Aljechins "Klassiker" ist heute ebenso wertvoll und interessant für das Studium wie vor 40 Jahren. Die ausgezeichneten, unverändert übernommenen Kommentare erschließen dem Leser den Gehalt der taktisch wie positionell überzeugenden Partien.
Wirklicher Klassiker
Der vierte Weltmeister Alexander Aljechin besaß einen unternehmungslustigen Stil und legte nur selten Partien auf Remis an. Seine Leidenschaft für das Schach war groß, nach eigenen Worten trainierte er jeden Tag grundsätzlich acht Stunden lang. Aljechins entschlossenes Streben nach dem Weltmeistertitel dokumentieren zwei Bücher: Auf dem Wege zur Weltmeisterschaft 1923-1927 versammelt die Partien aus den letzten Jahren vor der Erringung der Weltmeisterschaft im Jahr 1927. Jedoch schrieb Aljechin das Werk erst nach dem Titelgewinn; es erschien 1932.
Am Anfang von Auf dem Wege zur Weltmeisterschaft 1923-1927 schrieb Aljechin: "... war mir damals [1924] Capablanca zweifellos überlegen ... Capablanca verhielt sich übrigens zu meinen Absichten zwar korrekt, jedoch kühl, und so wurde es mir klar, daß in nächster Zeit mit einer Verwirklichung unseres Wettkampfes nicht zu rechnen sei. Um so mehr galt es mir nun, an meiner Vervollkommnung zu arbeiten..."
Ein wichtiger Bestandteil dieser Arbeit war das vorliegende Meine besten Partien 1908-1923, welches Aljechin nach seiner Herausforderung an Capablanca 1924 schrieb. Die Arbeit an dem Buch diente ihm zur Vorbereitung, er nahm seine Aufgabe ernst. Die kritischen Analysen der 100 enthaltenen Partien machen das Buch zu einem wirklichen Klassiker. Manche ziehen das Werk sogar dem späteren Auf dem Wege zur Weltmeisterschaft 1923-1927 vor, aber darüber läßt sich streiten. Letzteres Buch enthält neben hervorragenden Partieerläuterungen auch begleitende Texte des Weltmeisters, es bietet daher allen nicht nur auf Analysen fixierten Lesern eine angenehmere Lektüre.

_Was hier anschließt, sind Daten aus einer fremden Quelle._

//! The greatest numbers of tasks, elements and units.
use crate::play::{Row, follow};
use crate::steps::{Ask, Step, Tell};
use std::test::Fail;

static LIVE: [Row; 10] = [
    (Step::Starts(64), "64"),
    (Step::Script(Tell::Run("Main", "")), "-1 11"),
    (Step::By(64, Ask::TaskNew("Main", "", 0)), "-1 11"),
    (Step::Script(Tell::Run("Main", "1")), "-1 10"),
    (Step::Script(Tell::Run("Nobody", "")), "-1 5"),
    (Step::Follows(1, 4_033), "4032"),
    (Step::Script(Tell::Kill(4_096)), "0 0"),
    (Step::Script(Tell::Run("Main", "")), "-1 11"),
    (Step::By(4_095, Ask::TaskNew("Main", "", 0)), "-1 11"),
    (Step::By(4_095, Ask::TaskHnd("Main")), "4033 0"),
];

#[test]
fn at_most_64_tasks_are_live_and_4096_are_started(rt: HostRuntime) -> Result<(), Fail> {
    follow(&rt, rt.alloc(), 0, &LIVE)
}

static FULL: [Row; 13] = [
    (Step::Script(Tell::Run("Main", "")), "1 0; starts 1: 1()"),
    (Step::By(1, Ask::QueOpen("q", 2)), "1 0"),
    (Step::By(1, Ask::QueOpen("r", 2)), "2 0"),
    (Step::By(1, Ask::SemOpen("s", 2)), "3 0"),
    (Step::Again(4_095, Tell::Put("q", 1, "x")), "4095"),
    (Step::Script(Tell::Put("r", 1, "x")), "0 0"),
    (Step::Script(Tell::Put("q", 1, "x")), "11 11"),
    (Step::Script(Tell::Put("r", 1, "x")), "11 11"),
    (Step::By(1, Ask::QueWrite(1, 1, "x")), "11 11"),
    (Step::By(1, Ask::QueLength(1)), "4095 0"),
    (Step::Again(65_534, Tell::Signal("s")), "65534"),
    (Step::Script(Tell::Signal("s")), "11 11"),
    (Step::By(1, Ask::SemSignal(3)), "11 11"),
];

#[test]
fn events_meet_the_greatest_numbers_of_elements_and_units(rt: HostRuntime) -> Result<(), Fail> {
    follow(&rt, rt.alloc(), 0, &FULL)
}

Dieser Mangel der früheren Partiesammlung wurde vom Verleger annähernd dadurch wettgemacht, daß der deutschen Ausgabe mehrere Extras mit auf den Weg gegeben wurden: Ein achtseitiges Vorwort von Savielly Tartakower und ein achtseitiger Anhang "Aljechins Eröffnungsbehandlung in moderner Sicht", den Kurt Richter Mitte der sechziger Jahre schrieb. Der englischen Ausgabe fehlen diese Beigaben.